The Church of England has made a dramatic intervention in the migrant crisis, delivering a stern rebuke to David Cameron for his “unhelpful” rhetoric. Speaking with the backing of the church, the bishop of Dover accused senior political figures, including the prime minister, of forgetting their humanity and attacked elements of the media for propagating a “toxicity” designed to spread antipathy towards migrants. After another tense day in Calais, following a night in which fewer migrants tried to enter the Eurotunnel terminal in northern France, the bishop, the Right Rev Trevor Willmott, urged Cameron to ameliorate his rhetoric. “We’ve become an increasingly harsh world, and when we become harsh with each other and forget our humanity then we end up in these standoff positions,” he said.

“We need to rediscover what it is to be a human, and that every human being matters.” On Thursday the prime minister drew international opprobrium when he described migrants trying to reach Britain as a “swarm” and promised to introduce strong-arm tactics, including extra sniffer dogs and fencing, at Calais. On Saturday No 10 announced it had also agreed with France to bolster security around Eurotunnel, with reinforcements joining the 200 guards already on patrol. Extra CCTV, infra red detectors and floodlighting will also be funded. Throughout Saturday disquiet continued to rise over Cameron’s handling of the issue.

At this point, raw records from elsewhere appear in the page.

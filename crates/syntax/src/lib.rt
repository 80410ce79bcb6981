// The syntax of scripts: the three lists that keep a script, and holding such lists as a program.
#![tactic(auto)]

mod expressions;
mod form;
mod held;
mod holding;
mod names;
mod rows;

pub use form::{Declaration, GREATEST, Name, Node, Row, VARIABLES};
pub use held::Program;
pub use holding::{forms_are_unique, held_programs_stand};
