// Checks of a list of declarations.
ghost use Rattle.std.specs.Prelude.{◌≡◌, ◌==◌};
ghost use Rattle.std.specs.List.{list_all};
ghost use Rattle.letters.specs.Classes.{is_digit, is_word};
ghost use Rattle.syntax.specs.Names.{padded, spelled, legal_name, legal_declaration, among, spellings, distinct, all_legal, well_declared};

use super::form::{Declaration, GREATEST, Name, VARIABLES};
use letters::{is_digit, is_word, keyword_of};

// Whether there are only letters and digits.
fn all_word(bytes: &[u8]) -> bool
    ensures { result ≡ list_all is_word bytes.now }
{
    bytes.iter().all(|&b| is_word(b))
}

// Whether there are only zeros.
fn all_zero(bytes: &[u8]) -> bool
    ensures { result ≡ list_all (λ b. b == 0) bytes.now }
{
    bytes.iter().all(|&b| b == 0)
}

// Whether `count` letters and digits stand first, and then zeros.
#[tactic(auto, using(crate::proofs::Spelled::padded_parts, crate::proofs::Spelled::padded_short))]
fn is_padded(bytes: &[u8; 15], count: usize) -> bool
    ensures { result ≡ padded count bytes.now }
{
    bytes
        .split_at_checked(count)
        .is_some_and(|(word, rest)| all_word(word) && all_zero(rest))
}

// Whether a name is legal, and zeros stand behind it.
fn is_legal_name(name: &Name) -> bool
    ensures { result ≡ legal_name name.now }
{
    name.length > 0
        && is_padded(&name.bytes, name.length as usize)
        && !is_digit(name.bytes[0])
        && keyword_of(name.spelling()).is_none()
}

// Whether the name is legal, and the level is not too large.
fn is_legal_declaration(declaration: &Declaration) -> bool
    ensures { result ≡ legal_declaration declaration.now }
{
    is_legal_name(&declaration.name) && declaration.level <= GREATEST
}

// Whether each declaration is legal.
fn all_legal(declarations: &[Declaration]) -> bool
    ensures { result ≡ all_legal declarations.now }
{
    declarations.iter().all(is_legal_declaration)
}

// Whether one of the declarations has that name.
fn is_among(name: &Name, declarations: &[Declaration]) -> bool
    ensures { result ≡ among (spelled name.now) (spellings declarations.now) }
{
    declarations
        .iter()
        .any(|d| name.spelling() == d.name.spelling())
}

// Whether no two declarations have one name: each is compared with those behind it.
fn all_distinct(declarations: &[Declaration]) -> bool
    ensures { result ≡ distinct (spellings declarations.now) }
{
    let mut rest = declarations;
    'each: while let [first, others @ ..] = rest {
        if is_among(&first.name, others) {
            return false;
        }
        rest = others;
    }
    true
}

// Whether these can be the declarations of a script.
pub fn declarations_stand(declarations: &[Declaration]) -> bool
    ensures { result ≡ well_declared declarations.now }
{
    declarations.len() <= VARIABLES && all_legal(declarations) && all_distinct(declarations)
}
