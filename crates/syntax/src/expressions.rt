// Expressions in a list of nodes.
ghost use Rattle.std.specs.Prelude.{◌≡◌, ℕ, ◌+◌, ◌<◌, ◌≤◌, length, drop, None, MatchOption};
ghost use Rattle.syntax.specs.Decoder.{expression_of, Spans};

use super::form::{GREATEST, Node};

// The place behind the expression that begins at `at`, if one does that is at most `depth` deep and names only the first `count` variables.
// `nodes` and `count` stay two parameters: a struct of both saves an argument and makes each clause longer, as `all.now.nodes.now`.
pub fn expression_end(nodes: &[Node], at: usize, depth: u8, count: usize) -> Option<usize>
    ensures { MatchOption result (expression_of count depth (drop at nodes.now) ≡ None) (λ q. Spans count depth nodes.now at q) }
{
    match *nodes.get(at)? {
        Node::Numeral(n) if n <= GREATEST => Some(at + 1),
        Node::Variable(v) if (v as usize) < count => Some(at + 1),
        Node::Apply(_) if depth > 0 => {
            let middle = expression_end(nodes, at + 1, depth - 1, count)?;
            expression_end(nodes, middle, depth - 1, count)
        }
        _ => None,
    }
}
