// A held program: three lists that are the form of a script.
ghost use Rattle.std.specs.Prelude.{◌≡◌, true, is_some};
ghost use Rattle.syntax.specs.Forms.{script_of};

use super::form::{Declaration, Node, Row};

// Whoever makes or changes one owes the proof that its lists are a form, so the fields can be read by anyone.
#[derive(Clone, Copy)]
pub struct Program<'a> {
    pub declarations: &'a [Declaration],
    pub rows: &'a [Row],
    pub nodes: &'a [Node],
    ghost ok: { is_some (script_of declarations.now rows.now nodes.now) ≡ true },
}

Willmott said: “To put them [migrants and refugees] all together in that very unhelpful phrase just categorises people and I think he could soften that language – and that doesn’t mean not dealing with the issue. It means dealing with the issue in a non-hostile way.” Save the Children also voiced dismay at the way political discourse had taken a “sour turn”. In a piece published online by the Observer, Justin Forsyth, chief executive of the international charity, echoed Willmott’s call to remember the fact that the migrants were humans and many were refugees fleeing horrific abuse or extreme danger. “We are in danger of shutting our hearts to the desperation of the people pleading at the door, refugees not economic migrants,” he said, adding that Britain needed to pull its weight in accepting more refugees.